Lemma 10.151.3. Properties of unramified and G-unramified ring maps.

  1. The base change of an unramified ring map is unramified. The base change of a G-unramified ring map is G-unramified.

  2. The composition of unramified ring maps is unramified. The composition of G-unramified ring maps is G-unramified.

  3. Any principal localization $R \to R_ f$ is G-unramified and unramified.

  4. If $I \subset R$ is an ideal, then $R \to R/I$ is unramified. If $I \subset R$ is a finitely generated ideal, then $R \to R/I$ is G-unramified.

  5. An étale ring map is G-unramified and unramified.

  6. If $R \to S$ is of finite type (resp. finite presentation), $\mathfrak q \subset S$ is a prime and $(\Omega _{S/R})_{\mathfrak q} = 0$, then $R \to S$ is unramified (resp. G-unramified) at $\mathfrak q$.

  7. If $R \to S$ is of finite type (resp. finite presentation), $\mathfrak q \subset S$ is a prime and $\Omega _{S/R} \otimes _ S \kappa (\mathfrak q) = 0$, then $R \to S$ is unramified (resp. G-unramified) at $\mathfrak q$.
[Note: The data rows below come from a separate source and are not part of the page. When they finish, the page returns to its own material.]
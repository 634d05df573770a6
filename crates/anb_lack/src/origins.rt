//! Where the terms that a role has are from.
ghost use Rattle.std.specs.Prelude.{◌≡◌, ◌↔◌, ◌<◌, ◌≤◌, ◌∷◌, [], ℕ, true, length, map, IfOk, MatchOption};
ghost use Rattle.std.specs.List.{AllByRecursion, AllZip};
ghost use Rattle.anb_term.specs.Tree.{nodes, trees_of, IsFormed};
ghost use Rattle.anb_term.specs.View.{tree_of};
ghost use Rattle.anb_close.specs.MadeView.{made_tree};
ghost use Rattle.anb_protocol.specs.Laws.{HoldsOf};
ghost use Rattle.anb_protocol.specs.Plans.{plan_of};
ghost use Rattle.anb_protocol.specs.Texts.{IsTermOf};
ghost use Rattle.anb_protocol.specs.Views.{plan_event};
ghost use Rattle.anb_compile.specs.Unsent.{label_of, labels_of};
ghost use Rattle.anb_lack.specs.Held.{AreWithin, IsHeld, IsWithin};
ghost use Rattle.anb_lack.specs.Origins.{ComesFrom, HasBy, IsFrom};

use anb_base::NoMemory;
use anb_close::{Closure, Compositions, Made};
use anb_protocol::{Event, Protocol};
use anb_term::Term;
use std::alloc::Global;

/// Where a role has a term from: it knows it from the start, makes it, builds it, or can have it once
/// it has received the message of an action, numbered from 1.
#[derive(Clone, Copy, Debug, PartialEq, Eq)]
pub enum Origin {
    Known,
    Made,
    Built,
    Received(u32),
}

/// What a role can have, and where each entry is from.
#[derive(Drop)]
pub(crate) struct Held {
    pub(crate) closure: Closure,
    pub(crate) from: Vec<Origin>,
}

/// Where a role has each of these terms from, which it can have. Its plan is closed under opening once,
/// and each term is composed once, so this costs no more than `reason` does.
pub(crate) fn origins(
    alloc: Global,
    p: &Protocol,
    role: u32,
    terms: &[Term],
) -> Result<Vec<Origin>, NoMemory>
    requires role { role < length p.now.roles }
    requires holds { HoldsOf p.now }
    requires terms { AllByRecursion (IsTermOf p.now) (map tree_of terms.now) }
    requires had { AllByRecursion (HasBy p.now (plan_of p.now role) (length (plan_of p.now role)))
        (map tree_of terms.now) }
    ensures { IfOk result (λ origins.
        AllZip (ComesFrom p.now (plan_of p.now role)) (map tree_of terms.now) origins.items) }
{
    let plan = p.plan(alloc, role)?;
    let held = hold(alloc, plan.events())?;
    let mut origins = Vec::new(alloc);
    for term in terms {
        let origin = held.origin(alloc, term)?;
        origins.push(origin)?;
    }
    Ok(origins)
}

/// What a role can have after these events.
fn hold(alloc: Global, events: &[Event]) -> Result<Held, NoMemory>
    requires formed { AllByRecursion (IsFormed (λ o. true))
        (labels_of (map plan_event events.now)) }
    requires few { nodes (labels_of (map plan_event events.now)) < 4294967295 }
    ensures { IfOk result (λ held.
        IsHeld (map plan_event events.now) (length events.now) held.closure held.from.items) }
{
    let mut held = Held::new(alloc);
    for event in events {
        held.learn(alloc, event)?;
    }
    Ok(held)
}

/// What an event brings, if anything.
fn brought(event: &Event) -> Option<(&Term, Origin)>
    ensures { MatchOption result (label_of (plan_event event.now) ≡ [])
        (λ x. (label_of (plan_event event.now) ≡ tree_of x.0.now ∷ [])
        × IsFrom (plan_event event.now) x.1) }
{
    match event {
        Event::Know(term) => Some((term, Origin::Known)),
        Event::Fresh(term) => Some((term, Origin::Made)),
        Event::Send { .. } => None,
        Event::Recv { action, term } => Some((term, Origin::Received(*action))),
    }
}

/// How many of the first entries a composition needs.
#[cycle(needed)]
fn needed(made: &Made) -> usize
    ensures { (count : ℕ) → (result ≤ count) ↔ IsWithin count (made_tree made.now) }
{
    match made {
        Made::Entry(n) => *n as usize + 1,
        Made::Build(_, operands) => needed_by_all(operands),
    }
}

/// How many all of these need.
#[cycle(needed)]
fn needed_by_all(all: &Compositions) -> usize
    ensures { (count : ℕ) → (result ≤ count) ↔ AreWithin count (trees_of all.now) }
{
    let mut most = 0;
    for made in all.as_slice() {
        let count = needed(made);
        if count > most {
            most = count;
        }
    }
    most
}

impl Held {
    ghost use Rattle.std.specs.Prelude.{◌≡◌, ◌+◌, ◌<◌, ℕ, List, Bool, true, length, Some, slice_get, IfOk, OnOk};
    ghost use Rattle.std.specs.List.{AllByRecursion};
    ghost use Rattle.anb_term.specs.declared.term.Op.{Op};
    ghost use Rattle.anb_term.specs.Agree.{HasRecipe};
    ghost use Rattle.anb_term.specs.Tree.{nodes, trees_of, AreFormed, IsFormed};
    ghost use Rattle.anb_term.specs.View.{tree_of};
    ghost use Rattle.anb_algebra.specs.ByteMeaning.{has_operator};
    ghost use Rattle.anb_close.specs.Entries as entries;
    ghost use Rattle.anb_protocol.specs.Plans.{PlanEvent};
    ghost use Rattle.anb_protocol.specs.Protocols.{ProtocolValue};
    ghost use Rattle.anb_protocol.specs.Views.{plan_event};
    ghost use Rattle.anb_compile.specs.Unsent.{label_of};
    ghost use Rattle.anb_lack.specs.Held.{IsHeld};
    ghost use Rattle.anb_lack.specs.Origins.{ComesFrom};

    fn new(alloc: Global) -> Held
        ensures { (plan : List PlanEvent) → IsHeld plan 0 result.closure result.from.items }
    {
        Held {
            closure: Closure::new(alloc),
            from: Vec::new(alloc),
        }
    }

    /// Takes what an event brings.
    fn learn(&mut self, alloc: Global, event: &Event) -> Result<(), NoMemory>
        requires formed { AllByRecursion (IsFormed (λ o. true)) (label_of (plan_event event.now)) }
        requires few { nodes (entries.labels_of self.old.closure)
            + nodes (label_of (plan_event event.now)) < 4294967295 }
        ensures { OnOk result ((plan : List PlanEvent) (i : ℕ)
            → slice_get plan i ≡ Some (plan_event event.now)
            → IsHeld plan i self.old.closure self.old.from.items
            → IsHeld plan (i + 1) self.new.closure self.new.from.items) }
    {
        match brought(event) {
            Some((term, origin)) => {
                let _ = self.closure.add(alloc, term)?;
                let count = self.closure.entries().len();
                for k in self.from.len()..count {
                    let _ = k;
                    self.from.push(origin)?;
                }
                Ok(())
            }
            None => {
                let _ = self.closure.entries();
                Ok(())
            }
        }
    }

    /// Where a term is from that the role can have.
    fn origin(&self, alloc: Global, term: &Term) -> Result<Origin, NoMemory>
        requires formed { IsFormed (λ o. true) (tree_of term.now) }
        requires had { (has : Op → Bool)
            × HasRecipe has (entries.labels_of self.now.closure) (tree_of term.now) }
        requires all { length self.now.from.items ≡ length self.now.closure }
        ensures { IfOk result (λ origin. (p : ProtocolValue) (plan : List PlanEvent) (i : ℕ)
            → IsHeld plan i self.now.closure self.now.from.items
            → AreFormed (has_operator p.formats) (trees_of (entries.labels_of self.now.closure))
            → IsFormed (has_operator p.formats) (tree_of term.now)
            → ComesFrom p plan (tree_of term.now) origin) }
    {
        match self.closure.compose(alloc, term)? {
            Some(made) => {
                let count = needed(&made);
                if count == 0 {
                    return Ok(Origin::Known);
                }
                Ok(self.from[count - 1])
            }
            None => unreachable!(),
        }
    }
}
  8. If $R \to S$ is of finite type (resp. finite presentation), $\mathfrak q \subset S$ is a prime lying over $\mathfrak p \subset R$ and $(\Omega _{S \otimes _ R \kappa (\mathfrak p)/\kappa (\mathfrak p)})_{\mathfrak q} = 0$, then $R \to S$ is unramified (resp. G-unramified) at $\mathfrak q$.

  9. If $R \to S$ is of finite type (resp. presentation), $\mathfrak q \subset S$ is a prime lying over $\mathfrak p \subset R$ and $(\Omega _{S \otimes _ R \kappa (\mathfrak p)/\kappa (\mathfrak p)}) \otimes _{S \otimes _ R \kappa (\mathfrak p)} \kappa (\mathfrak q) = 0$, then $R \to S$ is unramified (resp. G-unramified) at $\mathfrak q$.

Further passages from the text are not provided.